Spatial visualization – the ability to imagine objects from different angles – is a key STEM problem-solving skill. Yet it rarely is taught.
That’s a problem, because SV skills can vary widely by gender, race, and cultural background and probably accounts for much of the STEM performance gap.
For example, almost a century of evidence has shown that men typically outperform women in SV abilities, particularly in rotations, often by wide margins. And recent studies by Jacob Segil and his colleagues at the University of Colorado, Boulder’s College of Engineering have found big disparities by world region.When they administered a 30-question test of SV skills to incoming first-year engineering students, only about a quarter of women from the Middle East passed, compared with 52 percent of their male counterparts – and 86 percent of domestic U.S. students.
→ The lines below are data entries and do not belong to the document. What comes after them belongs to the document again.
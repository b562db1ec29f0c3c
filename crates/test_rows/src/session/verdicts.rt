//! Rows of `verdicts` after each kind of move: the verdict of each list, and the number of the move
//! that changed it last.

use crate::runs::rows::{Script, check_scripts};
use crate::session::scripts::HELLO;
use std::test::Fail;

static MOVES: [Script; 10] = [
    (
        HELLO,
        "wrap 0 0 1 head\nverdicts\n\
         undo\nverdicts\n\
         redo\nverdicts\n",
        "ok 2 1 0\nverdicts 3\n. valid 0\n0 possible 1\n0.0 valid 1\n\
         ok 1 1 0\nverdicts 2\n. valid 0\n0 possible 2\n\
         ok 2 1 0\nverdicts 3\n. valid 0\n0 possible 3\n0.0 valid 3\n",
    ),
    (
        "<doc><sec/></doc>",
        "insert 0 0 head\nverdicts\n\
         undo\nverdicts\n\
         redo\nverdicts\n",
        "ok 2 0 0\nverdicts 4\n. valid 0\n0 valid 1\n0.0 valid 1\n0.1 valid 0\n\
         ok 1 1 0\nverdicts 3\n. valid 0\n0 possible 2\n0.0 valid 0\n\
         ok 2 0 0\nverdicts 4\n. valid 0\n0 valid 3\n0.0 valid 3\n0.1 valid 0\n",
    ),
    // The kids of the element that goes keep their stamps; an element that comes back has a new
    // one.
    (
        "<doc><head/><sec><list><item><p/></item></list></sec></doc>",
        "unwrap 0.1.0\nverdicts\n\
         undo\nverdicts\n\
         redo\nverdicts\n",
        "ok 1 1 0\n\
         verdicts 6\n. valid 0\n0 valid 0\n0.0 valid 0\n0.1 possible 1\n0.1.0 valid 0\n\
         0.1.0.0 valid 0\n\
         ok 2 1 0\n\
         verdicts 7\n. valid 0\n0 valid 0\n0.0 valid 0\n0.1 valid 2\n0.1.0 possible 2\n\
         0.1.0.0 valid 0\n0.1.0.0.0 valid 0\n\
         ok 1 1 0\n\
         verdicts 6\n. valid 0\n0 valid 0\n0.0 valid 0\n0.1 possible 3\n0.1.0 valid 0\n\
         0.1.0.0 valid 0\n",
    ),
    // The parent's list changes too.
    (
        "<doc><p>a</p></doc>",
        "rename 0.0 head\nverdicts\n\
         undo\nverdicts\n\
         undo\nredo\nverdicts\n\
         redo\nverdicts\n",
        "ok 2 1 0\nverdicts 3\n. valid 0\n0 possible 1\n0.0 valid 1\n\
         ok 2 1 0\nverdicts 3\n. valid 0\n0 possible 2\n0.0 valid 2\n\
         no history\nok 2 1 0\nverdicts 3\n. valid 0\n0 possible 3\n0.0 valid 3\n\
         no history\nverdicts 3\n. valid 0\n0 possible 3\n0.0 valid 3\n",
    ),
    // The document node's list changes with the root.
    (
        "<p>a</p>",
        "rename 0 sec\nverdicts\n\
         undo\nverdicts\n\
         wrap . 0 1 doc\nverdicts\n\
         unwrap 0\nverdicts\n\
         undo\nverdicts\n",
        "ok 2 2 0\nverdicts 2\n. possible 1\n0 possible 1\n\
         ok 2 1 0\nverdicts 2\n. possible 2\n0 valid 2\n\
         ok 2 1 0\nverdicts 3\n. valid 3\n0 possible 3\n0.0 valid 2\n\
         ok 1 1 0\nverdicts 2\n. possible 4\n0 valid 2\n\
         ok 2 1 0\nverdicts 3\n. valid 5\n0 possible 5\n0.0 valid 2\n",
    ),
    (
        HELLO,
        "split 0.0 2\nverdicts\n\
         undo\nverdicts\n\
         redo\nverdicts\n\
         join 0.0\nverdicts\n\
         undo\nverdicts\n\
         redo\nverdicts\n",
        "ok 1 1 0\nverdicts 2\n. valid 0\n0 possible 1\n\
         ok 1 1 0\nverdicts 2\n. valid 0\n0 possible 2\n\
         ok 1 1 0\nverdicts 2\n. valid 0\n0 possible 3\n\
         ok 1 1 0\nverdicts 2\n. valid 0\n0 possible 4\n\
         ok 1 1 0\nverdicts 2\n. valid 0\n0 possible 5\n\
         ok 1 1 0\nverdicts 2\n. valid 0\n0 possible 6\n",
    ),
    (
        "<doc><head/><sec> </sec></doc>",
        "text 0.1.0 x\nverdicts\n\
         undo\nverdicts\n\
         redo\nverdicts\n",
        "ok 1 1 0\nverdicts 4\n. valid 0\n0 valid 0\n0.0 valid 0\n0.1 possible 1\n\
         ok 1 0 0\nverdicts 4\n. valid 0\n0 valid 0\n0.0 valid 0\n0.1 valid 2\n\
         ok 1 1 0\nverdicts 4\n. valid 0\n0 valid 0\n0.0 valid 0\n0.1 possible 3\n",
    ),
    (
        "<doc><head/><sec/></doc>",
        "addtext 0.1 0 x\nverdicts\n\
         undo\nverdicts\n\
         redo\nverdicts\n",
        "ok 1 1 0\nverdicts 4\n. valid 0\n0 valid 0\n0.0 valid 0\n0.1 possible 1\n\
         ok 1 0 0\nverdicts 4\n. valid 0\n0 valid 0\n0.0 valid 0\n0.1 valid 2\n\
         ok 1 1 0\nverdicts 4\n. valid 0\n0 valid 0\n0.0 valid 0\n0.1 possible 3\n",
    ),
    (
        "<doc><head/><sec>x</sec></doc>",
        "deltext 0.1.0\nverdicts\n\
         undo\nverdicts\n\
         redo\nverdicts\n",
        "ok 1 0 0\nverdicts 4\n. valid 0\n0 valid 0\n0.0 valid 0\n0.1 valid 1\n\
         ok 1 1 0\nverdicts 4\n. valid 0\n0 valid 0\n0.0 valid 0\n0.1 possible 2\n\
         ok 1 0 0\nverdicts 4\n. valid 0\n0 valid 0\n0.0 valid 0\n0.1 valid 3\n",
    ),
    // What is refused changes no stamp and takes no number.
    (
        HELLO,
        "undo\nredo\nwrap 0 0 1 br\nverdicts\n\
         wrap 0 0 1 p\nverdicts\n\
         insert 0.0 0 sec\nwrap 0 0 9 p\nrename 0 1x\ntext 0.0.0 a<b\nredo\nverdicts\n\
         wrap 0.0 0 1 em\nundo\ninsert 0 1 head\nunwrap 0.0.0\nnothing\nverdicts\n\
         redo\nredo\nverdicts\n\
         undo\nundo\nundo\nverdicts\n",
        "no history\nno history\nno impossible 0.0\nverdicts 2\n. valid 0\n0 possible 0\n\
         ok 2 1 0\nverdicts 3\n. valid 0\n0 possible 1\n0.0 valid 1\n\
         no impossible 0.0\nno shape range\nno shape bad-name\nno shape bad-text\nno history\n\
         verdicts 3\n. valid 0\n0 possible 1\n0.0 valid 1\n\
         ok 2 1 0\nok 1 1 0\nno impossible 0\nno shape not-element\nno command\n\
         verdicts 3\n. valid 0\n0 possible 1\n0.0 valid 3\n\
         ok 2 1 0\nno history\nverdicts 4\n. valid 0\n0 possible 1\n0.0 valid 4\n0.0.0 valid 4\n\
         ok 1 1 0\nok 1 1 0\nno history\nverdicts 2\n. valid 0\n0 possible 6\n",
    ),
];

#[test]
fn moves(rt: HostRuntime) -> Result<(), Fail> {
    check_scripts(&rt, &MOVES, 65_536)
}
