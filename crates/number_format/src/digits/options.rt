//! The options that decide which digits of a number are shown.
use crate::digits::precision::Precision;
use crate::digits::ranges::IntegerDigits;
use fixed_decimal::SignedRoundingMode;

/// Whether fraction digits are shown if all of them are 0; ECMA-402's `trailingZeroDisplay`.
#[derive(Clone, Copy, Debug, Default, PartialEq)]
pub enum TrailingZeros {
    /// As many as the precision shows: `2.00`.
    #[default]
    Auto,
    /// None: `2`.
    StripIfInteger,
}

/// Which digits of a number are shown. Every value is valid.
///
/// With at least 2 integer digits, 1 to 2 fraction digits and the mode `HalfExpand`, 2.345 is shown as `02.35`.
#[derive(Clone, Copy, Debug, PartialEq)]
pub struct DigitOptions {
    /// The numbers of integer digits.
    pub integer: IntegerDigits,
    /// To which digit a number is rounded.
    pub precision: Precision,
    /// The mode of the rounding.
    pub mode: SignedRoundingMode,
    /// Whether fraction digits that are all 0 are shown.
    pub trailing_zeros: TrailingZeros,
}
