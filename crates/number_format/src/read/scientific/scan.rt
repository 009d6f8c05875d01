//! Digits and separators at the start of a text.
ghost use Rattle.std.specs.Prelude.{◌≡◌, ◌≢◌, ℕ, ◌<◌, List, ◌++◌, MatchOption};
ghost use Rattle.decimal_format.specs.Readable.{code, IsReadable};
ghost use Rattle.number_format.specs.ScientificReading.{capped, with_digit, with_code, IsScan};

use crate::read::cut::cut_code;
use decimal_format::DecimalSymbols;

/// The numbers that integer digits and fraction digits write: 40,000 instead of a greater one.
#[derive(Clone, Copy)]
pub(super) struct Scan {
    /// The number of integer digits.
    pub(super) count: u32,
    pub(super) whole: u32,
    /// The remainder of the integer part by 3.
    pub(super) remainder: u32,
    pub(super) fraction: u32,
    pub(super) has_decimal: bool,
    pub(super) has_grouping: bool,
}

fn next_code<'t>(symbols: &DecimalSymbols<'_>, text: &'t [u8]) -> Option<(u8, &'t [u8])>
    ensures { MatchOption result ((k : ℕ) (rest : List ℕ) → k < 12 → text.now ≢ code symbols.now k ++ rest)
        (λ r. (r.0 < 12) × (text.now ≡ code symbols.now r.0 ++ r.1.now)) }
{
    for index in 0..12 {
        if let Some(rest) = cut_code(symbols, index, text) {
            return Some((index, rest));
        }
    }
    None
}

fn capped(number: u32) -> u32
    ensures { result ≡ capped number }
{
    number.min(40000)
}

impl Scan {
    fn with_digit(self, digit: u8) -> Self
        requires few { digit < 10 }
        requires fraction { self.fraction < 40001 }
        requires count { self.count < 40001 }
        requires whole { self.whole < 40001 }
        requires remainder { self.remainder < 3 }
        ensures { result ≡ with_digit self digit }
    {
        let digit = u32::from(digit);
        if self.has_decimal {
            return Scan {
                fraction: capped(self.fraction * 10 + digit),
                ..self
            };
        }
        Scan {
            count: capped(self.count + 1),
            whole: capped(self.whole * 10 + digit),
            remainder: (self.remainder * 10 + digit) % 3,
            ..self
        }
    }

    fn with_code(self, code: u8) -> Self
        requires few { code < 12 }
        requires fraction { self.fraction < 40001 }
        requires count { self.count < 40001 }
        requires whole { self.whole < 40001 }
        requires remainder { self.remainder < 3 }
        ensures { result ≡ with_code self code }
    {
        match code {
            10 => Scan {
                has_decimal: true,
                ..self
            },
            11 => Scan {
                has_grouping: true,
                ..self
            },
            _ => self.with_digit(code),
        }
    }
}

/// Scans the digits and the separators at the start of a text, and returns what follows them.
pub(super) fn scan_number<'t>(symbols: &DecimalSymbols<'_>, text: &'t [u8]) -> (Scan, &'t [u8])
    requires { IsReadable symbols.now }
    ensures { IsScan symbols.now text.now result.1.now result.0 }
{
    let mut scan = Scan {
        count: 0,
        whole: 0,
        remainder: 0,
        fraction: 0,
        has_decimal: false,
        has_grouping: false,
    };
    let mut rest = text;
    while let Some(next) = next_code(symbols, rest) {
        scan = scan.with_code(next.0);
        rest = next.1;
    }
    (scan, rest)
}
The good news: SV skills can be learned using pencil, paper, PlayDough, and other inexpensive materials.
The University of Colorado’s low-cost, four-workshop program closed the STEM achievement gap so well training is now required of all incoming engineering students. Like learning to ride a bicycle, once you gain the ability you never lose it, studies suggest.
Still better: The training curriculum is now available for free onlineso that any class or school can implement it and begin to close the SV gaps.
Best of all: CU Boulder’s TeachEngineering has an SV curriculum for middle-school students called Let’s Learn About Spatial Viz! Developed by the College of Engineering’s Engineering Plus program, the K-12 version includes four hands-on activities and aligns with the Next Generation Science Standards.